You can use a multimeter to test the current draw by using it in 10A mode and putting the meter in line with the battery. When in 10A mode, both meter leads are connected together, so do NOT short the cell by putting one lead on + and one on -. Instead, put one lead on the cell's - and the other lead on the body of the flashlight. This way, current flowing through the circuit must flow through the meter to complete the circuit.
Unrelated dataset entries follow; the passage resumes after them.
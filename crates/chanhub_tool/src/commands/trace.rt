//! `chanhub_tool trace [FILE] [-o OUT]`.

use crate::given::over_whole_journal;
use clap::Command;
use std::alloc::{AllocError, Global};

pub(super) fn grammar<'a>(alloc: Global) -> Result<Command<'a>, AllocError> {
    over_whole_journal(
        alloc,
        Command::new(alloc, "trace")
            .about(
                "Writes a journal as a trace in Chrome's format, which ui.perfetto.dev opens; a step is a microsecond there",
            )
            .override_usage("chanhub_tool trace [FILE] [-o OUT]"),
    )
}
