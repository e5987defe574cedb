//! `chanhub_tool story [FROM [TO]] [FILE] [-o OUT] [--color WHEN]`.

use crate::asked::Form;
use crate::explain::explain_given;
use crate::given::{Given, optional, over_journal, read_given};
use clap::{Arg, ArgMatches, Command};
use hub_replay::Sink;
use hub_story_text::Paint;
use std::alloc::{AllocError, Global};
use std::env::{Env, FillError};
use std::io::IsTerminal;

/// The words that say when the lines of steps are shown in colours.
const WORDS: &[&str] = &["auto", "always", "never"];

/// When the lines of steps are shown in colours.
#[derive(Clone, Copy)]
enum Colours {
    /// Where standard output is a terminal, and the environment does not say otherwise.
    Auto,
    /// Always.
    Always,
    /// Never.
    Never,
}

/// What the command is given.
#[derive(Clone, Copy)]
pub(crate) struct Telling<'a> {
    /// As any command over a journal.
    given: Given<'a>,
    /// When in colours.
    colours: Colours,
}

fn colour_option<'a>(alloc: Global) -> Arg<'a> {
    optional(
        alloc,
        "color",
        "WHEN",
        "When steps are in colours; auto: where the story goes to a terminal and NO_COLOR is not set",
    )
    .long("color")
    .value_parser(WORDS)
}

pub(super) fn grammar<'a>(alloc: Global) -> Result<Command<'a>, AllocError> {
    over_journal(
        alloc,
        Command::new(alloc, "story")
            .about(
                "Tells a journal as text: a line for each step, who waits where all stalled and in the end, and what the ports carried",
            )
            .override_usage("chanhub_tool story [FROM [TO]] [FILE] [-o OUT] [--color WHEN]"),
    )?
    .arg(colour_option(alloc))
}

/// When in colours, by the word that `clap` found.
fn read_colours(word: Option<&str>) -> Colours {
    match word {
        Some("always") => Colours::Always,
        Some("never") => Colours::Never,
        _ => Colours::Auto,
    }
}

/// What `clap` found.
pub(super) fn read_telling<'a>(found: &ArgMatches<'a>) -> Option<Telling<'a>> {
    Some(Telling {
        given: read_given(found)?,
        colours: read_colours(found.get_str("color")),
    })
}

/// Whether the environment asks programs for no colours: by a variable that is not empty.
fn refuses_colours(rt: &HostRuntime) -> bool {
    match rt.var("NO_COLOR", &mut [0; 1]) {
        Ok(length) => length > 0,
        Err(FillError::TooLong) => true,
        Err(FillError::NotPresent) => false,
    }
}

/// Whether the story is shown in colours.
fn is_coloured(rt: &HostRuntime, telling: &Telling<'_>) -> bool {
    match telling.colours {
        Colours::Always => true,
        Colours::Never => false,
        Colours::Auto => {
            telling.given.output.is_none() && rt.stdout().is_terminal() && !refuses_colours(rt)
        }
    }
}

/// Tells the journal, and answers the status.
pub(super) fn tell_story<X: Sink>(rt: &HostRuntime, telling: Telling<'_>, errors: &mut X) -> u8 {
    let paint = if is_coloured(rt, &telling) {
        Paint::Colours
    } else {
        Paint::Plain
    };
    explain_given(rt, Form::Text(paint), telling.given, errors)
}
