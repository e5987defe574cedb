//! `chanhub_tool mermaid [FROM [TO]] [FILE] [-o OUT]`.

use crate::given::over_journal;
use clap::Command;
use std::alloc::{AllocError, Global};

pub(super) fn grammar<'a>(alloc: Global) -> Result<Command<'a>, AllocError> {
    over_journal(
        alloc,
        Command::new(alloc, "mermaid")
            .about("Writes a journal as a sequence diagram for Mermaid, of 200 steps at most")
            .override_usage("chanhub_tool mermaid [FROM [TO]] [FILE] [-o OUT]"),
    )
}
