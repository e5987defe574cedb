//! `chanhub_tool serve`: a conversation on standard input and output.

ghost use Rattle.std.specs.Prelude.{◌≡◌, ◌≤◌, []};
ghost use Rattle.hub_replay.specs.Devices.{Failed};
ghost use Rattle.hub_replay.specs.declared.fault.ReplayFault.{ReplayFault};
ghost use Rattle.hub_replay.specs.FaultLines.{fault_text, line_of, status_of, TellsOnce};
ghost use Rattle.hub_replay.specs.Serve.{HasConversed};
ghost use Rattle.chanhub_tool.specs.Promises.{HasEnded};

use clap::Command;
use hub_replay::{Counted, Pair, Sink, Talk, converse, tell_fault};
use std::alloc::Global;
use std::marker::{Brand, PhantomData};

pub(super) fn grammar<'a>(alloc: Global) -> Command<'a> {
    Command::new(alloc, "serve")
        .about(
            "Reads a journal from standard input as it comes, and answers the whole lines of each read at once on standard output",
        )
        .after_help(
            "There is a line for each event, as `chanhub replay` prints it. Nothing is said of a faulty line or behind it.",
        )
}

/// Converses, and answers the exit status: 0 where all that was heard is a journal and all of its events were said; 1
/// for a device or memory; 2 for a malformed journal. Why it is not 0 is told to `errors` as one line.
pub fn serve<T: Talk, X: Sink>(alloc: Global, talk: &mut T, errors: &mut X) -> u8
    requires heard { T.heard talk.old [] }
    requires said { T.said talk.old [] }
    ensures statuses { result ≤ 2 }
    ensures done { result ≡ 0 → HasConversed (T.heard talk.new) (T.said talk.new)
        × T.ended talk.new × (errors.new ≡ errors.old) }
    ensures ended { ¬ (result ≡ 0) → (fault : ReplayFault) × (result ≡ status_of fault)
        × HasEnded (T.heard talk.new) (T.said talk.new) (T.ended talk.new)
        (Failed (T.failed_reads talk.old) (T.failed_reads talk.new))
        (Failed (T.failed_writes talk.old) (T.failed_writes talk.new)) fault
        × TellsOnce (X.contents errors.old) (X.contents errors.new)
        (X.failures errors.old) (X.failures errors.new) (line_of (fault_text fault)) }
{
    match converse(alloc, talk) {
        Ok(()) => 0,
        Err(fault) => tell_fault(fault, errors),
    }
}

/// Converses on standard input and output, and answers the status.
pub(super) fn serve_streams<X: Sink>(rt: &HostRuntime, errors: &mut X) -> u8 {
    let mut pair = Pair::<Brand, _, _> {
        source: Counted::new(rt.stdin()),
        sink: Counted::new(rt.stdout()),
        of: PhantomData,
    };
    serve(rt.alloc(), &mut pair, errors)
}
Then, turn it on and meter should tell you how much current is being drawn.

Google will give you more detailed instructions, but the main thing to remember is that at 10A mode, your meter connects the two leads to a big metal bar, so be careful to not short your batteries by touching - and + at the same time with the leads.
http://www.technologyuk.net/electronics/electrical_principles/images/measuring_current.gif < not my pic, but is a good representation of how to use multimeter to measure current.

Based on this review here, even fully loaded, 3500lm mode only lasts a few minutes anyways due to thermal protection. Doing some assumptions and super basic math here, but assuming each LED sucking down 10W, that's 40W that the single cell has to discharge. 
Knowns:
Nominal voltage: 3.7V
Power out: 40W

equation:
P=I*V
I=P/V
I=40W/3.7V
I=~10.8A.

So, yeah, I could see the protection circuit kicking in at that level.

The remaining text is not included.